Why refinance a home mortgage when interest rates are higher? Either home owners have a serious need for immediate cash such as a new business, or they see an ARM about to reset and they want to switch into something cheaper. Re-sets are a looming issue for anyone with an adjustable-rate loan.
The numbers vary depending upon which expert is quoted, but about $500 billion in ARMs are scheduled to reset this year. Most home owners don’t want to face that readjusted mortgage and if their credit is good, they are choosing a home loan refinance despite the rising interest rates. And some consumers are biting their nails, recent research suggests. A Roper poll of 1,004 adults in May, commissioned by the consumer products firm TrueCredit.com, found 27 percent of respondents worried about meeting their mortgage payments.
Rising rates and ARMs are starting to squeeze home owners. Many financial advisors suggest that people curb spending, improve their credit standing and consider the costs and benefits when considering whether or not to refinance a home mortgage. Estimate how long it takes to break even based on your refinance costs. If you plan to stay in your home longer than that, then it's a good thing. Consolidating first and second mortgages with a home loan refinance makes sense, in that it pulls your debt into one stable monthly payment. However it results in a 30- or 25-year term, too. If the objective is to build equity fast, it may not be a smart move.
Some people already have ample equity. U.S. house values rose 57 percent in the five years ending March 30, according to the Office of Federal Housing Enterprise Oversight.
That advance, tied to the nation's housing boom, changed public attitudes about the meaning of "home." People are engaging in “financial engineering” of their housing and home loan refinance is a key element of the process.

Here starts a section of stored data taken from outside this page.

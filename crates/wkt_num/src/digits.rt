//! Whole numbers as text, in one piece to a sink.
ghost use Rattle.std.specs.Prelude.{◌≡◌, ◌<◌, ◌≤◌, ◌+◌, ◌-◌, ◌^◌, ◌++◌, drop};
ghost use Rattle.std.specs.Fmt.{decimal, sign_text};
ghost use Rattle.wkt_num.specs.Sink.{Puts};

use crate::sink::TextSink;
use std::fmt;

/// Writes a minus if `negative`, and then `n`.
///
/// # Errors
/// The sink's; a beginning is written then.
#[tactic(auto, using(crate::proofs::Printed::whole_utf8))]
pub fn write_whole<W: TextSink>(negative: bool, n: u128, f: &mut W) -> fmt::Result
    ensures { Puts W.sink f.old (sign_text negative ++ decimal n) f.new result }
{
    let mut out = [b'.'; 80];
    let start = put_whole(negative, n, &mut out);
    // Its bytes are ASCII, as the proof says, so they aren't read again.
    f.write_str(unsafe { str::from_utf8_unchecked(&out[start..40]) })
}

/// Puts a minus if `negative` and the digits of `n` before place 40, and returns where they start.
pub fn put_whole(negative: bool, n: u128, out: &mut [u8; 80]) -> usize
    ensures bound { result ≤ 40 }
    ensures value { drop result out.new ≡ sign_text negative ++ decimal n ++ drop 40 out.old }
{
    let start = put_digits(n, out);
    put_minus(negative, start, out)
}

/// Puts a minus before `start` if `negative`, and returns where the text starts then.
#[inline(always)]
fn put_minus(negative: bool, start: usize, out: &mut [u8; 80]) -> usize
    requires some { 1 ≤ start }
    requires within { start ≤ 40 }
    ensures bound { result ≤ 40 }
    ensures value { drop result out.new ≡ sign_text negative ++ drop start out.old }
{
    if !negative {
        return start;
    }
    out[start - 1] = b'-';
    start - 1
}

/// Puts a minus if `negative` and the digits of `n`, in 64 bits, before place 40, and returns where they start.
#[inline(always)]
pub fn put_small_whole(negative: bool, n: u64, out: &mut [u8; 80]) -> usize
    ensures bound { result ≤ 40 }
    ensures value { drop result out.new ≡ sign_text negative ++ decimal n ++ drop 40 out.old }
{
    let start = put_few(n, out);
    put_minus(negative, start, out)
}

/// Puts the digits of `n`, in 64 bits, before place 40, and returns where they start.
#[inline(always)]
fn put_few(n: u64, out: &mut [u8; 80]) -> usize
    ensures sign { 1 ≤ result }
    ensures bound { result ≤ 40 }
    ensures value { drop result out.new ≡ decimal n ++ drop 40 out.old }
{
    if n < 1000 {
        put_three(n as u32, out)
    } else {
        put_short(n, 40, out)
    }
}

/// Puts the digits of a number below 1000 before place 40, and returns where they start.
#[inline(always)]
fn put_three(n: u32, out: &mut [u8; 80]) -> usize
    requires { n < 1000 }
    ensures sign { 1 ≤ result }
    ensures bound { result ≤ 40 }
    ensures value { drop result out.new ≡ decimal n ++ drop 40 out.old }
{
    // A division by 10, and then another.
    let tens = (n * 6554) >> 16;
    out[39] = digit_byte((n - tens * 10) as u8);
    if tens == 0 {
        return 39;
    }
    let hundreds = (tens * 205) >> 11;
    out[38] = digit_byte((tens - hundreds * 10) as u8);
    if hundreds == 0 {
        return 38;
    }
    out[37] = digit_byte(hundreds as u8);
    37
}

/// Puts the digits of `n` before place 40, and returns where they start.
fn put_digits(n: u128, out: &mut [u8; 80]) -> usize
    ensures sign { 1 ≤ result }
    ensures bound { result ≤ 40 }
    ensures value { drop result out.new ≡ decimal n ++ drop 40 out.old }
{
    let mut end = 40;
    let mut rest = n;
    while rest > u128::from(u64::MAX) {
        end -= 1;
        out[end] = digit_byte((rest % 10) as u8);
        rest /= 10;
    }
    put_short(rest as u64, end, out)
}

/// Puts the digits of `n` before `end`, and returns where they start.
fn put_short(n: u64, end: usize, out: &mut [u8; 80]) -> usize
    requires some { 2 ≤ end }
    requires within { end ≤ 40 }
    requires room { n < 10 ^ (end - 1) }
    ensures sign { 1 ≤ result }
    ensures bound { result ≤ end }
    ensures value { drop result out.new ≡ decimal n ++ drop end out.old }
{
    let mut at = end - 1;
    let mut rest = n;
    while rest >= 10 {
        out[at] = digit_byte((rest % 10) as u8);
        rest /= 10;
        at -= 1;
    }
    out[at] = digit_byte(rest as u8);
    at
}

fn digit_byte(d: u8) -> u8
    requires { d < 10 }
    ensures { result ≡ 48 + d }
{
    b'0' + d
}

There are people that have not only have a reset, but lots of equity. They choose to refinance a home mortgage because, “I need a new deck, or a kitchen remodel. I might as well pull some cash out and do it now.” Their wages are stagnant, but they have substantial wealth from their home. That home loan refinance is going to leave them with a larger mortgage, a longer term, and possibly a stagnant housing market.

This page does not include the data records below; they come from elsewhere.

//! Decimal fractions as text, in one piece to a sink.
//!
//! What is inlined always divides by a power of ten that is then a constant of the type.
ghost use Rattle.std.specs.Prelude.{◌≡◌, ◌≢◌, ℕ, List, length, ◌<◌, ◌≤◌, ◌+◌, ◌-◌, ◌/◌, ◌%◌, ◌^◌, ◌++◌, take, drop, not, reverse, ◌==◌, slice_index};
ghost use Rattle.std.specs.List.{prefix_len};
ghost use Rattle.wkt_num.specs.Sink.{Puts};
ghost use Rattle.wkt_num.specs.DigitParts.{lowest};
ghost use Rattle.wkt_num.specs.Decimal.{zeros, EndsInDigit, padded, magnitude_text, fraction_text, fraction_digits};

use crate::digits::{put_small_whole, put_whole};
use crate::powers::{SHORT_PLACES, five_to, ten_to};
use crate::sink::TextSink;
use std::fmt;
use std::simd::prelude::*;

/// Writes a minus if `negative`, and `units` of ten to the minus `places`.
///
/// # Errors
/// The sink's; a beginning is written then.
#[inline(always)]
pub fn write_units<W: TextSink>(places: u32, negative: bool, units: u128, f: &mut W) -> fmt::Result
    requires { places ≤ 36 }
    ensures { Puts W.sink f.old (magnitude_text places negative units) f.new result }
{
    if places <= SHORT_PLACES && units >> places <= u128::from(u64::MAX) {
        return write_small(places, negative, units, f);
    }
    write_large(places, negative, units, f)
}

/// Writes units where the whole part fits 64 bits even before the division by the power of five: the fast path.
#[inline(always)]
fn write_small<W: TextSink>(places: u32, negative: bool, units: u128, f: &mut W) -> fmt::Result
    requires few { places ≤ 18 }
    requires small { units / 2 ^ places < 2 ^ 64 }
    ensures { Puts W.sink f.old (magnitude_text places negative units) f.new result }
{
    let mut out = [b'.'; 80];
    let (start, end) = put_small(places, negative, units, &mut out);
    // Its bytes are ASCII, as the proof says, so they aren't read again.
    f.write_str(unsafe { str::from_utf8_unchecked(&out[start..end]) })
}

/// Puts the text around the point, which stands at place 40, and returns where it starts and ends.
#[inline(always)]
#[tactic(auto, using(crate::proofs::Printed::fraction_less, crate::proofs::Printed::units_piece))]
fn put_small(places: u32, negative: bool, units: u128, out: &mut [u8; 80]) -> (usize, usize)
    requires few { places ≤ 18 }
    requires small { units / 2 ^ places < 2 ^ 64 }
    requires point { slice_index out.old 40 ≡ 46 }
    ensures order { result.0 ≤ result.1 }
    ensures within { result.1 ≤ 80 }
    ensures value { take (result.1 - result.0) (drop result.0 out.new) ≡ magnitude_text places negative units }
{
    let (whole, fraction) = split_short(places, units);
    let end = put_small_fraction(places, fraction, out);
    let start = put_small_whole(negative, whole, out);
    (start, end)
}

/// Puts the digits after the point, and returns where the fraction ends: before the point if it is 0.
#[inline(always)]
#[tactic(auto, using(crate::proofs::Printed::no_fraction))]
fn put_small_fraction(places: u32, fraction: u64, out: &mut [u8; 80]) -> usize
    requires few { places ≤ 18 }
    requires less { fraction < 10 ^ places }
    requires point { slice_index out.old 40 ≡ 46 }
    ensures start { 40 ≤ result }
    ensures bound { result ≤ 80 }
    ensures value { drop 40 (take result out.new) ≡ fraction_text places fraction }
{
    if fraction == 0 {
        return 40;
    }
    put_short(places, fraction, out)
}

/// Writes any units: the slow path.
#[inline(never)]
fn write_large<W: TextSink>(places: u32, negative: bool, units: u128, f: &mut W) -> fmt::Result
    requires { places ≤ 36 }
    ensures { Puts W.sink f.old (magnitude_text places negative units) f.new result }
{
    let mut out = [b'.'; 80];
    let (start, end) = put_units(places, negative, units, &mut out);
    // Its bytes are ASCII, as the proof says, so they aren't read again.
    f.write_str(unsafe { str::from_utf8_unchecked(&out[start..end]) })
}

/// Puts the text around the point, which stands at place 40, and returns where it starts and ends.
#[inline(always)]
#[tactic(auto, using(crate::proofs::Printed::fraction_less, crate::proofs::Printed::units_piece))]
fn put_units(places: u32, negative: bool, units: u128, out: &mut [u8; 80]) -> (usize, usize)
    requires few { places ≤ 36 }
    requires point { slice_index out.old 40 ≡ 46 }
    ensures order { result.0 ≤ result.1 }
    ensures within { result.1 ≤ 80 }
    ensures value { take (result.1 - result.0) (drop result.0 out.new) ≡ magnitude_text places negative units }
{
    let (whole, fraction) = split_units(places, units);
    let end = put_fraction(places, fraction, out);
    let start = put_whole(negative, whole, out);
    (start, end)
}

/// The whole part, and the units of the fraction.
#[inline(always)]
#[tactic(auto, using(crate::proofs::Printed::ten_fits))]
fn split_units(places: u32, units: u128) -> (u128, u128)
    requires { places ≤ 36 }
    ensures whole { result.0 ≡ units / 10 ^ places }
    ensures fraction { result.1 ≡ units % 10 ^ places }
{
    let unit = 10u128.pow(places);
    (units / unit, units % unit)
}

/// The whole part and the units of the fraction, where the whole part fits 64 bits even before the division by the
/// power of five.
#[inline(always)]
fn split_short(places: u32, units: u128) -> (u64, u64)
    requires few { places ≤ 18 }
    requires small { units / 2 ^ places < 2 ^ 64 }
    ensures whole { result.0 ≡ units / 10 ^ places }
    ensures fraction { result.1 ≡ units % 10 ^ places }
{
    let whole = (units >> places) as u64 / five_to(places);
    let fraction = units - u128::from(whole) * u128::from(ten_to(places));
    (whole, fraction as u64)
}

/// Puts the digits after the point, and returns where the fraction ends: before the point if it is 0.
#[inline(always)]
#[tactic(auto, using(crate::proofs::Printed::no_fraction))]
fn put_fraction(places: u32, fraction: u128, out: &mut [u8; 80]) -> usize
    requires few { places ≤ 36 }
    requires less { fraction < 10 ^ places }
    requires point { slice_index out.old 40 ≡ 46 }
    ensures start { 40 ≤ result }
    ensures bound { result ≤ 80 }
    ensures value { drop 40 (take result out.new) ≡ fraction_text places fraction }
{
    if fraction == 0 {
        return 40;
    }
    if places <= SHORT_PLACES {
        put_short(places, fraction as u64, out)
    } else {
        put_long(places, fraction, out)
    }
}

/// Puts the digits after the point, and returns where they end.
///
/// The fraction is first made one of 18 places, of which sixteen are put at once, or eight if the others are 0.
#[inline(always)]
fn put_short(places: u32, fraction: u64, out: &mut [u8; 80]) -> usize
    requires few { places ≤ 18 }
    requires less { fraction < 10 ^ places }
    requires some { fraction ≢ 0 }
    ensures start { 41 ≤ result }
    ensures bound { result ≤ 80 }
    ensures value { take result out.new ≡ take 41 out.old ++ fraction_digits places fraction }
{
    let all = fraction * ten_to(SHORT_PLACES - places);
    let high = all / 10_000_000_000;
    if high * 10_000_000_000 == all {
        // At most eight digits, as most fractions have.
        let digits = eight(high);
        digits.copy_to_slice(&mut out[41..49]);
        return 49 - zeros_after_eight(digits);
    }
    let front = all / 100;
    let last = all % 100;
    let digits = sixteen(front);
    digits.copy_to_slice(&mut out[41..57]);
    if last == 0 {
        return 57 - zeros_after(digits);
    }
    out[57] = b'0' + (last / 10) as u8;
    out[58] = b'0' + (last % 10) as u8;
    without_zeros(out, 59)
}

/// Eight digits.
#[inline(always)]
#[tactic(auto, using(crate::proofs::EighteenPlaces::padded_two))]
fn eight(n: u64) -> u8x8
    requires { n < 10 ^ 8 }
    ensures { result ≡ padded 8 n }
{
    two_fours((n / 10000) as u32, (n % 10000) as u32)
}

/// Four digits of each number.
#[inline(always)]
#[tactic(auto, using(crate::proofs::EighteenPlaces::two_fours))]
fn two_fours(a: u32, b: u32) -> u8x8
    requires { (a < 10000) × (b < 10000) }
    ensures { result ≡ padded 4 a ++ padded 4 b }
{
    // A division by 100, and then one by 10.
    let fours = u32x2::from_array([a, b]);
    let hundreds = (fours * u32x2::splat(5243)) >> u32x2::splat(19);
    let rests = fours - hundreds * u32x2::splat(100);
    let pairs: u32x4 = hundreds.shuffle(rests, [0, 2, 1, 3]);
    let pairs: u16x4 = pairs.cast();
    let tens = (pairs * u16x4::splat(103)) >> u16x4::splat(10);
    let ones = pairs - tens * u16x4::splat(10);
    let digits: u16x8 = tens.shuffle(ones, [0, 4, 1, 5, 2, 6, 3, 7]);
    let digits: u8x8 = digits.cast();
    digits + u8x8::splat(48)
}

/// How many zeros stand last.
#[inline(always)]
fn zeros_after_eight(digits: u8x8) -> usize
    ensures { result ≡ prefix_len (λ b. not (not (b == 48))) (reverse digits) }
{
    lowest(digits.reverse().simd_ne(u8x8::splat(b'0')).to_bitmask(), 8)
}

/// The lowest of these bits, or how many lanes there are.
#[inline(always)]
fn lowest(bits: u64, lanes: usize) -> usize
    ensures { result ≡ lowest lanes bits }
{
    if bits == 0 {
        lanes
    } else {
        bits.trailing_zeros() as usize
    }
}

/// Sixteen digits.
#[inline(always)]
fn sixteen(n: u64) -> u8x16
    requires { n < 10 ^ 16 }
    ensures { result ≡ padded 16 n }
{
    let front = n / 100_000_000;
    let back = n % 100_000_000;
    four_fours(
        (front / 10000) as u32,
        (front % 10000) as u32,
        (back / 10000) as u32,
        (back % 10000) as u32,
    )
}

/// The sixteen digits of four numbers of four digits each.
#[inline(always)]
#[tactic(auto, using(crate::proofs::EighteenPlaces::four_fours))]
fn four_fours(a: u32, b: u32, c: u32, d: u32) -> u8x16
    requires { (a < 10000) × (b < 10000) × (c < 10000) × (d < 10000) }
    ensures { result ≡ padded 4 a ++ (padded 4 b ++ (padded 4 c ++ padded 4 d)) }
{
    let fours = u32x4::from_array([a, b, c, d]);
    let hundreds = (fours * u32x4::splat(5243)) >> u32x4::splat(19);
    let rests = fours - hundreds * u32x4::splat(100);
    let pairs: u32x8 = hundreds.shuffle(rests, [0, 4, 1, 5, 2, 6, 3, 7]);
    let pairs: u16x8 = pairs.cast();
    let tens = (pairs * u16x8::splat(103)) >> u16x8::splat(10);
    let ones = pairs - tens * u16x8::splat(10);
    let digits: u16x16 = tens.shuffle(ones, [0, 8, 1, 9, 2, 10, 3, 11, 4, 12, 5, 13, 6, 14, 7, 15]);
    let digits: u8x16 = digits.cast();
    digits + u8x16::splat(48)
}

/// How many of sixteen digits are the last zeros.
#[inline(always)]
fn zeros_after(digits: u8x16) -> usize
    ensures { result ≡ prefix_len (λ b. not (not (b == 48))) (reverse digits) }
{
    lowest(
        digits.reverse().simd_ne(u8x16::splat(b'0')).to_bitmask(),
        16,
    )
}

/// Where what ends at `end` ends without its last zeros.
#[inline(always)]
fn without_zeros(out: &[u8; 80], end: usize) -> usize
    requires { 41 ≤ end × end ≤ 80 }
    ensures start { 41 ≤ result }
    ensures bound { result ≤ end }
    ensures value { (kept : List ℕ) (m : ℕ) → EndsInDigit kept → 41 < length kept
        → take end out.now ≡ kept ++ zeros m → take result out.now ≡ kept }
{
    let mut at = end;
    while at > 41 && out[at - 1] == b'0' {
        at -= 1;
    }
    at
}

/// Puts the digits after the point where ten times a rest needs 128 bits, and returns where they end.
fn put_long(places: u32, fraction: u128, out: &mut [u8; 80]) -> usize
    requires few { places ≤ 36 }
    requires less { fraction < 10 ^ places }
    ensures start { 41 ≤ result }
    ensures bound { result ≤ 80 }
    ensures value { take result out.new ≡ take 41 out.old ++ fraction_digits places fraction }
{
    let one = 10u128.pow(places);
    let mut rest = fraction;
    let mut at = 41;
    while rest != 0 {
        let next = rest * 10;
        out[at] = b'0' + (next / one) as u8;
        rest = next % one;
        at += 1;
    }
    at
}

The nation's housing boom is over; resale prices only climbed 3.7 percent in the year ending June 30, the National Association of Realtors reported. Thousands of homeowners are now left with big debts and little home equity. Research shows that resets are ahead for 24 percent of the nation's home-loan customers and 75 percent for sub-prime borrowers, who typically paid more because of poor finances or credit record. In five to seven years, people who refinance a home mortgage today will be facing resets themselves. They may not have the equity to refinance yet again.